Another problem: 47 years after the merger of the CIO with the AFL,
the most significant social movements nationally since that time have
involved trade unions primarily in a support capacity, not in
significant leadership. The civil rights movement, the anti-Vietnam
war movement, the women’s movement, the welfare rights movement, the
lesbian/gay rights movement, the environmental movement, the
anti-nuclear power movement, the anti-apartheid movement, the Rainbow
movement of the ‘80s, the global justice movement of the past few
years—even though some of these movements included some unions and
individual union leaders in leadership, none of them, with the
possible exception of the global justice movement, originated in or
were led primarily by labor.
As far as the global justice movement, labor’s involvement has been
inconsistent. After playing an important role in the coalition which
rocked the World Trade Organization’s meeting in Seattle in late 1999,
their participation since has been significantly less, although they
have activated their networks for lobbying campaigns directed at
Congress.
Too much of labor continues to be mired in a culture, a way of
operating, that lacks the kind of spirit that movements based among
young people or people of color often have, a willingness to speak
truth to power, to push the envelope, to take risks.

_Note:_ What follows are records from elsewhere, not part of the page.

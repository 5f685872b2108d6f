//! Words: what is read, and why words are refused and where.
use crate::office::{ADVERTS, TOGETHER, office};
use lattice::{Reason, Refusal};
use policy::{Policy, Vocabulary};
use std::alloc::{AllocError, Global};
use std::test::Fail;

const ALLOW: u32 = 0x1000_0000;

const DENY: u32 = 0x2000_0000;

const EXCEPT: u32 = 0x4000_0000;

const END: u32 = 0x5000_0000;

fn refused(words: &[u32]) -> Result<Option<Refusal>, Refusal> {
    let scheme = office()?;
    Ok(Policy::new().read(words, &scheme).err())
}

// Clauses inside one another, so many that the last is this deep; END up to the last of so many words.
fn nested(heap: Global, depth: usize, count: usize) -> Result<Vec<u32>, AllocError> {
    let mut words = Vec::new(heap);
    for level in 0..depth {
        words.push(if level % 2 == 0 { ALLOW } else { DENY })?;
        words.push(EXCEPT)?;
    }
    words.pop();
    words.resize(count, END)?;
    Ok(words)
}

#[test]
fn policies_are_read(rt: HostRuntime) -> Result<(), Fail> {
    assert_eq!(rt; refused(&ADVERTS)?, None);
    assert_eq!(rt; refused(&TOGETHER)?, None);
    assert_eq!(rt; refused(&[DENY, END])?, None);
    Ok(())
}

#[test]
fn a_refused_reading_leaves_the_policy(rt: HostRuntime) -> Result<(), Fail> {
    let scheme = office()?;
    let mut policy = Policy::new();
    policy.read(&ADVERTS, &scheme)?;
    assert!(rt; policy.read(&[DENY], &scheme).is_err());
    assert_eq!(rt; policy.sizes().types, 7);
    Ok(())
}

#[test]
fn words_are_1_to_4096(rt: HostRuntime) -> Result<(), Fail> {
    assert_eq!(rt; refused(&[])?, Some(Reason::WordCount.at(0)));
    assert_eq!(rt; refused(&[END; 4097])?, Some(Reason::WordCount.at(0)));
    assert_eq!(rt; refused(&[END; 4096])?, Some(Reason::MisplacedWord.at(0)));
    Ok(())
}

#[test]
fn words_of_no_kind_are_refused(rt: HostRuntime) -> Result<(), Fail> {
    assert_eq!(rt; refused(&[0])?, Some(Reason::BadWord.at(0)));
    assert_eq!(rt; refused(&[DENY, 0x6000_0000])?, Some(Reason::BadWord.at(1)));
    assert_eq!(rt; refused(&[DENY, 0x3300_0102])?, Some(Reason::BadWord.at(1)));
    assert_eq!(rt; refused(&[DENY, END + 1])?, Some(Reason::BadWord.at(1)));
    Ok(())
}

#[test]
fn words_out_of_place_are_refused(rt: HostRuntime) -> Result<(), Fail> {
    assert_eq!(rt; refused(&[END])?, Some(Reason::MisplacedWord.at(0)));
    assert_eq!(rt;
        refused(&[DENY, EXCEPT, END])?,
        Some(Reason::MisplacedWord.at(2))
    );
    assert_eq!(rt; refused(&ADVERTS[0..7])?, Some(Reason::MisplacedWord.at(7)));
    assert_eq!(rt;
        refused(&[DENY, END, END])?,
        Some(Reason::MisplacedWord.at(2))
    );
    Ok(())
}

#[test]
fn exceptions_have_the_other_kind(rt: HostRuntime) -> Result<(), Fail> {
    assert_eq!(rt;
        refused(&[DENY, EXCEPT, DENY, END, END])?,
        Some(Reason::SameKind.at(2))
    );
    Ok(())
}

#[test]
fn values_are_those_of_the_lattices(rt: HostRuntime) -> Result<(), Fail> {
    assert_eq!(rt; refused(&[DENY, 0x3300_0006, END])?, None);
    assert_eq!(rt;
        refused(&[DENY, 0x3300_0007, END])?,
        Some(Reason::BadValue.at(1))
    );
    assert_eq!(rt;
        refused(&[DENY, 0x3300_0000, END])?,
        Some(Reason::BadValue.at(1))
    );
    assert_eq!(rt;
        refused(&[DENY, 0x3400_0001, END])?,
        Some(Reason::BadValue.at(1))
    );
    Ok(())
}

#[test]
fn values_rise(rt: HostRuntime) -> Result<(), Fail> {
    assert_eq!(rt;
        refused(&[DENY, 0x3300_0002, 0x3300_0002, END])?,
        Some(Reason::NotRising.at(2))
    );
    assert_eq!(rt;
        refused(&[DENY, 0x3300_0002, 0x3100_0003, END])?,
        Some(Reason::NotRising.at(2))
    );
    Ok(())
}

#[test]
fn clauses_are_16_deep_at_most(rt: HostRuntime) -> Result<(), Fail> {
    let deep = nested(rt.alloc(), 16, 47)?;
    assert_eq!(rt; refused(deep.as_slice())?, None);
    let deeper = nested(rt.alloc(), 17, 64)?;
    assert_eq!(rt; refused(deeper.as_slice())?, Some(Reason::TooNested.at(32)));
    Ok(())
}
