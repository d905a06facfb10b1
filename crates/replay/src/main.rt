//! `replay`: checks the journal's listing that standard input or a log in a database has, and lists
//! its guardian to standard output.
//!
//! | Status | Meaning | On standard error |
//! |---|---|---|
//! | 0 | done; or help or the version was asked for | nothing; with `--prefix` the faulty line |
//! | 2 | a mistake in the command line | its text |
//! | 3 | the text isn't a journal's listing | `line N: KIND`; of a log `table TABLE, row N, line N: KIND` |
//! | 3 | the database has no log, or its rows don't follow | `database: KIND` or `table TABLE, row N: KIND` |
//! | 4 | out of memory | `out of memory` |
//! | 5 | a read or a write failed | `read fault` or `write fault`; without a file `database: NoFile` |
#![tactic(auto)]

mod database;
mod telling;

use argus_cli::{
    NoOptions, ReplayError, ReplayOptions, ReplayRequest, options_for_replay, replay, words_given,
};
use argus_commands::FailStop;
use argus_values::Heap;
use database::{LogListing, read_log};
use std::alloc::Global;
use std::io::{Read, Write};
use std::process::ExitCode;
use std::rt::Env;
use telling::{end_with_error, tell_database_fault, tell_line};

fn main(rt: HostRuntime) -> ExitCode {
    match options_given(&rt) {
        Ok(asked) => replay_asked(&rt, asked),
        Err(refused) => ExitCode::from(refused.show(&rt)),
    }
}

// What the words after the program's name ask for.
fn options_given(rt: &(impl Env + AllocGlobal)) -> Result<ReplayRequest, NoOptions> {
    options_for_replay(rt.alloc(), words_given(rt)?)
}

// Checks the listing of standard input, or the log in a database.
fn replay_asked(rt: &HostRuntime, asked: ReplayRequest) -> ExitCode {
    let ReplayRequest { database, options } = asked;
    match database {
        Some(path) => replay_database(rt, path.as_str(), options),
        None => replay_listing(rt, rt.alloc(), rt.stdin(), rt.stdout(), options, None),
    }
}

// Checks the log in a database, and lists its guardian to standard output.
fn replay_database(rt: &HostRuntime, path: &str, options: ReplayOptions) -> ExitCode {
    match read_log(rt, path) {
        Ok(log) => {
            let text = log.text.as_slice();
            replay_listing(rt, rt.alloc(), text, rt.stdout(), options, Some(&log))
        }
        Err(fault) => ExitCode::from(tell_database_fault(rt, &fault)),
    }
}

// Checks the listing that the reader has, and lists its guardian to the writer. A faulty line is
// told by its row, where the listing is that of a log.
fn replay_listing(
    rt: &impl Eprint,
    alloc: Global,
    reader: impl Read + Drop,
    writer: impl Write + Drop,
    options: ReplayOptions,
    log: Option<&LogListing>,
) -> ExitCode {
    let Ok(heap) = Heap::new(alloc) else {
        return end_with_error(rt, None, ReplayError::OutOfMemory, log);
    };
    match replay(
        heap,
        &mut FailStop::new(reader),
        &mut FailStop::new(writer),
        options,
    ) {
        Ok(None) => ExitCode::SUCCESS,
        Ok(Some(faulty)) => {
            tell_line(rt, heap, faulty, log);
            ExitCode::SUCCESS
        }
        Err(error) => end_with_error(rt, Some(heap), error, log),
    }
}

What can change this situation?
What is needed is an on-going, popular alliance that brings labor
together with young people, people of color, women, community-based
and lesbian/gay/b/t groups, Greens, veterans, farmers and others. If
this alliance is truly popularly-based, it will involve many workers
and some of the best of the unions. By putting forward its program for
resolution of the crises of U.S. society, by organizing around that
program and in support of its immediate demands on the government, by
running independent candidates for office, masses of working-class
people both inside and outside of the trade union movement can be
educated and galvanized into action.
Within the context of the alliance, an alliance that, to be viable,
must be run on the basis of participatory and actively-involving
democracy, we can all learn how to work together in productive and positive ways. Low- and moderate-income workers, especially those who are young, of color, and/or women, can be supported and encouraged to help provide leadership so that we stay true to our best traditions, not get co-opted or sidetracked.
Such a democratic, participatory culture will provide a model for all
of us, from our mix of movements, sectors and organizations. Insights
gained from the process of working together in the alliance will be
taken back to its component parts. Labor, as with others, will be
affected positively, become more democratic, more open, with more
leadership from women, people of color and youth.
Perhaps then labor’s as-yet-unrealized potential will awake, like a
sleeping giant. Let’s speed the day!